In a typical RAG scenario, a user’s query — once converted to a vector — gets compared for similarity with a large collection of vectors in a vector database representing enterprise-specific data. The goal is to rapidly but accurately retrieve the top-k (e.g. top-10, or top-100) most relevant vectors. As the number of vectors in the vector database grows, delivering high accuracy and speed together becomes a challenge.

We are approaching this problem from two angles. First, we are challenging ourselves to see how far we can scale real-time search, while maintaining high recall (accuracy). Early prototypes indicate that if we cluster the vectors offline, we can build a scalable index up to 10 billion vectors (384 dimensions) and query them with a mean latency of 60 ms (running on CPU) and recall of 90%. What this means is that we have a path to searching over and accurately retrieving the relevant chunks of around 1 billion documents in real time. We find these results encouraging, as there is still a lot of room for improvement on accuracy in our prototype.

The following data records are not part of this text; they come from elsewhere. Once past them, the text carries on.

//! The words that stand in rows.
ghost use Rattle.std.specs.Prelude.{◌≡◌};
ghost use Rattle.cat_row_format.specs.Names as names;
ghost use Rattle.cat_row_format.specs.Parsed as parsed;

use crate::row::{OrphanRule, RowFault, StoredCounter};
use cat_types::issue::{IssueName, Level};

/// The name of a counter, as `arrival`.
pub fn counter_text(counter: StoredCounter) -> &'static str
    ensures { result.now ≡ names.counter_text counter }
{
    match counter {
        StoredCounter::Arrival => "arrival",
        StoredCounter::Number => "number",
    }
}

/// The name of a rule for orphans, as `keep`.
pub fn rule_text(rule: OrphanRule) -> &'static str
    ensures { result.now ≡ names.rule_text rule }
{
    match rule {
        OrphanRule::Keep => "keep",
        OrphanRule::Delete => "delete",
    }
}

/// The counter of a name.
pub fn counter_in(text: &str) -> Result<StoredCounter, RowFault>
    ensures { result ≡ parsed.counter_in text.now }
{
    if text == "arrival" {
        Ok(StoredCounter::Arrival)
    } else if text == "number" {
        Ok(StoredCounter::Number)
    } else {
        Err(RowFault::BadRow)
    }
}

/// The rule for orphans of a name.
pub fn rule_in(text: &str) -> Result<OrphanRule, RowFault>
    ensures { result ≡ parsed.rule_in text.now }
{
    if text == "keep" {
        Ok(OrphanRule::Keep)
    } else if text == "delete" {
        Ok(OrphanRule::Delete)
    } else {
        Err(RowFault::BadRow)
    }
}

/// The level of a name.
pub fn level_in(text: &str) -> Result<Level, RowFault>
    ensures { result ≡ parsed.level_in text.now }
{
    if text == "error" {
        Ok(Level::Error)
    } else if text == "warning" {
        Ok(Level::Warning)
    } else {
        Err(RowFault::BadRow)
    }
}

/// What an issue of a name is about.
pub fn issue_name_in(text: &str) -> Result<IssueName, RowFault>
    ensures { result ≡ parsed.issue_name_in text.now }
{
    if text == "SchemaFault" {
        Ok(IssueName::SchemaFault)
    } else if text == "ReferenceFault" {
        Ok(IssueName::ReferenceFault)
    } else if text == "TargetFault" {
        Ok(IssueName::TargetFault)
    } else if text == "MissingTarget" {
        Ok(IssueName::MissingTarget)
    } else if text == "ShelfFault" {
        Ok(IssueName::ShelfFault)
    } else if text == "DuplicateOffer" {
        Ok(IssueName::DuplicateOffer)
    } else {
        Err(RowFault::BadRow)
    }
}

For cases where accuracy is the most important consideration, we are also challenging ourselves to make “exact search” practical, where we evaluate every vector for similarity against the user’s query through a brute-force search, thus assuring we’ll find the most similar vectors. We believe this will be uniquely valuable for enterprise scenarios where finding the exact document you are looking for, even at the expense of a few seconds of latency, has significant business value.

We have built an early prototype showing that indeed we can make this practical leveraging the IBM Spyre AI Accelerator. In our experiments, we have demonstrated a path to searching over 1 billion vectors (384 dimensions) with 100% recall, within a latency window of a few seconds, using a single server populated with 12 cards, all while consuming considerably less power per query than CPU and GPU baselines. This provides IBM a path to delivering the highest recall in the industry that we are aware of, within practical constraints of latency and power consumption.

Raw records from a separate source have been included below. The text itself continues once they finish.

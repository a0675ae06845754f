//! Parts of a row's tree, where it has them.
ghost use Rattle.std.specs.Prelude.{◌≡◌, ◌⊎◌, ◌<◌, ◌≤◌, length, IfOk, IfErr, IfSome, Ok, Err};
ghost use Rattle.cat_tree.specs.Ask.{child_of};
ghost use Rattle.cat_tree.specs.View.{data_of};
ghost use Rattle.cat_row_format.specs.Parsed as parsed;

use crate::row::RowFault;
use cat_tree::ask::child;
use cat_tree::clone::copy;
use cat_tree::text::Text;
use cat_tree::tree::Tree;
use cat_types::fault::RefFault;
use cat_types::node::Node;
use cat_types::reference::{Ref, parse, text_at, text_in};
use std::alloc::Global;

/// Lends the tree at a key.
pub fn field<'a>(tree: &'a Tree, key: &str) -> Result<&'a Tree, RowFault>
    ensures ok { IfOk result (λ t. parsed.field key.now (data_of tree.now) ≡ Ok (data_of t.now)) }
    ensures err { IfErr result (λ e. parsed.field key.now (data_of tree.now) ≡ Err e) }
{
    match child(tree, key) {
        Some(part) => Ok(part),
        None => Err(RowFault::BadRow),
    }
}

/// Lends the text at a key.
pub fn words_at<'a>(tree: &'a Tree, key: &str) -> Result<&'a str, RowFault>
    ensures ok { IfOk result (λ t. parsed.words_at key.now (data_of tree.now) ≡ Ok t.now) }
    ensures err { IfErr result (λ e. parsed.words_at key.now (data_of tree.now) ≡ Err e) }
{
    match text_at(child(tree, key)) {
        Some(text) => Ok(text),
        None => Err(RowFault::BadRow),
    }
}

/// Lends the text that a tree is.
pub fn words_in(tree: &Tree) -> Result<&str, RowFault>
    ensures ok { IfOk result (λ t. parsed.words_in (data_of tree.now) ≡ Ok t.now) }
    ensures err { IfErr result (λ e. parsed.words_in (data_of tree.now) ≡ Err e) }
{
    match text_in(tree) {
        Some(text) => Ok(text),
        None => Err(RowFault::BadRow),
    }
}

/// The number of 64 bits that a tree is.
pub fn number_in(tree: &Tree) -> Result<u64, RowFault>
    ensures { result ≡ parsed.number_in (data_of tree.now) }
{
    match tree {
        Tree::Whole(value) => {
            if 0 <= *value && *value <= u64::MAX as i128 {
                Ok(*value as u64)
            } else {
                Err(RowFault::BadRow)
            }
        }
        _ => Err(RowFault::BadRow),
    }
}

/// The number at a key.
pub fn number_at(tree: &Tree, key: &str) -> Result<u64, RowFault>
    ensures { result ≡ parsed.number_at key.now (data_of tree.now) }
{
    match field(tree, key) {
        Ok(part) => number_in(part),
        Err(fault) => Err(fault),
    }
}

/// A copy of a lent text.
pub fn owned(alloc: Global, text: &str) -> Result<Text, RowFault>
    ensures ok { IfOk result (λ t. t ≡ text.now) }
    ensures err { IfErr result (λ e. e ≡ RowFault.NoMemory) }
{
    Ok(Text::of(alloc, text)?)
}

/// A copy of a lent tree.
pub fn node(alloc: Global, tree: &Tree) -> Result<Node, RowFault>
    ensures ok { IfOk result (λ n. n ≡ data_of tree.now) }
    ensures err { IfErr result (λ e. e ≡ RowFault.NoMemory) }
{
    Ok(Node::new(alloc, copy(alloc, tree)?)?)
}

/// A copy of the text at a key.
pub fn text_field(alloc: Global, tree: &Tree, key: &str) -> Result<Text, RowFault>
    ensures ok { IfOk result (λ t. parsed.words_at key.now (data_of tree.now) ≡ Ok t) }
    ensures err { IfErr result (λ e. (parsed.words_at key.now (data_of tree.now) ≡ Err e) ⊎ (e ≡ RowFault.NoMemory)) }
{
    match words_at(tree, key) {
        Ok(text) => owned(alloc, text),
        Err(fault) => Err(fault),
    }
}

/// A copy of the tree at a key.
pub fn node_field(alloc: Global, tree: &Tree, key: &str) -> Result<Node, RowFault>
    ensures ok { IfOk result (λ n. parsed.field key.now (data_of tree.now) ≡ Ok n) }
    ensures err { IfErr result (λ e. (parsed.field key.now (data_of tree.now) ≡ Err e) ⊎ (e ≡ RowFault.NoMemory)) }
{
    match field(tree, key) {
        Ok(part) => node(alloc, part),
        Err(fault) => Err(fault),
    }
}

/// A copy of the tree at a key, if there is one.
pub fn node_at(alloc: Global, tree: &Tree, key: &str) -> Result<Option<Node>, RowFault>
    ensures ok { IfOk result (λ n. n ≡ child_of key.now (data_of tree.now)) }
    ensures err { IfErr result (λ e. e ≡ RowFault.NoMemory) }
{
    match child(tree, key) {
        Some(part) => Ok(Some(node(alloc, part)?)),
        None => Ok(None),
    }
}

/// The reference that a text names, which leaves out no kind and no namespace.
pub fn reference_in(alloc: Global, text: &str) -> Result<Ref, RowFault>
    ensures ok { IfOk result (λ r. parsed.reference_in text.now ≡ Ok r) }
    ensures err { IfErr result (λ e. (parsed.reference_in text.now ≡ Err e) ⊎ (e ≡ RowFault.NoMemory)) }
{
    match parse(alloc, text, None, "") {
        Ok(reference) => Ok(reference),
        Err(RefFault::NoMemory) => Err(RowFault::NoMemory),
        Err(_) => Err(RowFault::BadRow),
    }
}

/// The reference at a key.
pub fn reference_at(alloc: Global, tree: &Tree, key: &str) -> Result<Ref, RowFault>
    ensures ok { IfOk result (λ r. parsed.reference_at key.now (data_of tree.now) ≡ Ok r) }
    ensures err { IfErr result (λ e. (parsed.reference_at key.now (data_of tree.now) ≡ Err e) ⊎ (e ≡ RowFault.NoMemory)) }
{
    match words_at(tree, key) {
        Ok(text) => reference_in(alloc, text),
        Err(fault) => Err(fault),
    }
}

// The value of a hexadecimal digit in lower case.
fn digit_in(byte: u8) -> Option<u64>
    ensures value { result ≡ parsed.digit_in byte }
    ensures small { IfSome result (λ d. d < 16) }
{
    match byte {
        b'0'..=b'9' => Some((byte - b'0') as u64),
        b'a'..=b'f' => Some((byte - b'a') as u64 + 10),
        _ => None,
    }
}

// The number of at most sixteen hexadecimal digits.
fn hex_of(digits: &[u8]) -> Result<u64, RowFault>
    requires { length digits.now ≤ 16 }
    ensures { result ≡ parsed.hex_from 0 digits.now }
{
    let mut value: u64 = 0;
    for digit in digits {
        match digit_in(*digit) {
            Some(digit) => value = value * 16 + digit,
            None => return Err(RowFault::BadRow),
        }
    }
    Ok(value)
}

/// The number of sixteen hexadecimal digits.
pub fn hex_in(text: &str) -> Result<u64, RowFault>
    ensures { result ≡ parsed.hex_in text.now }
{
    if text.len() == 16 {
        hex_of(text.as_bytes())
    } else {
        Err(RowFault::BadRow)
    }
}
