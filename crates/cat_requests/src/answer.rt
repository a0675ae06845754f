//! How requests are answered.
ghost use Rattle.std.specs.Prelude.{◌≡◌, ◌++◌, ◌+◌, ◌≤◌, ◌∷◌, [], IfOk, IsOk, OnOk, map, length, vec_capacity, vec_len};
ghost use Rattle.cat_http.specs.Errors.{error_body};
ghost use Rattle.cat_feed.specs.Place.{since_text};
ghost use Rattle.cat_replies.specs.Events.{counter_text};
ghost use Rattle.cat_replies.specs.Line.{joined};
ghost use Rattle.cat_replies.specs.Piece.{piece_most, piece_text};
ghost use Rattle.cat_requests.specs.Answers as spec;
ghost use Rattle.cat_requests.specs.Refusals.{allowed, input_words, methods_of, query_words, status_of, words_of};

use crate::refusal::{Methods, Refusal};
use cat_access::browser::is_from_browser;
use cat_feed::change::Since;
use cat_http::body::{Bytes, Texts};
use cat_http::content::Content;
use cat_http::message::Message;
use cat_http::reply::HttpReply;
use cat_http::status::Status;
use cat_inputs::fault::InputFault;
use cat_model::types::{Acted, Counter, Counts};
use cat_page::file::File;
use cat_query::fault::QueryFault;
use cat_replies::line::{Piece, push_text};
use cat_tree::read::TreeFault;
use cat_tree::text::Text;
use std::alloc::{AllocError, Global};

/// The most bytes of the body of an answer that shows nothing of the catalogue, and some.
pub const ROOM: usize = 160;

/// What is answered to a request.
#[derive(Drop)]
pub enum Answer {
    /// What the catalogue was asked.
    Shown(Bytes),
    /// What the catalogue was asked, as a line.
    Line(Bytes),
    /// A file of the page.
    Page(File),
    /// The mutation acted, or its serial is the last one again.
    Mutated(Acted),
    /// It is done, and nothing is to be said.
    Done,
    /// The record is due.
    Refreshed,
    /// What a settle did.
    Settled(Counts),
    /// The request is refused.
    Refused(Refusal),
}

const NONE: Piece<'static> = Piece::Text("");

We envision a dual approach, where we offer scalable, real-time search over a very large volume of enterprise data that returns the desired results the large majority of the time. For cases where recall of 100% is needed, we can deliver that too, in a highly efficient and optimized fashion leveraging unique IBM technology.

Retrofitting existing systems

Perhaps most importantly, users don’t have to move all the data they already have in storage systems, like existing file and object deployments, to a new storage. With IBM Storage and AFM, CAS can directly connect to third-party storage systems (file, object, or HDFS), and retrofit them with 'content awareness.' This means that reams of enterprise data can be opened up for generative AI applications — without having to completely overhaul how that data is being stored.

What’s next

CAS is already available today as part of IBM Fusion, IBM Storage’s “in-a-box” solution for generative AI. The team at IBM is also actively working with partners to pilot this emerging capability and continuously improve the design. With the upcoming advances in CAS scalability, security, and accuracy, we expect this new paradigm will reshape the entire storage industry. Just a few short years from now, we likely won’t even remember what the world looked like before content-aware storage, or how time-consuming setting up enterprise generative AI applications used to be.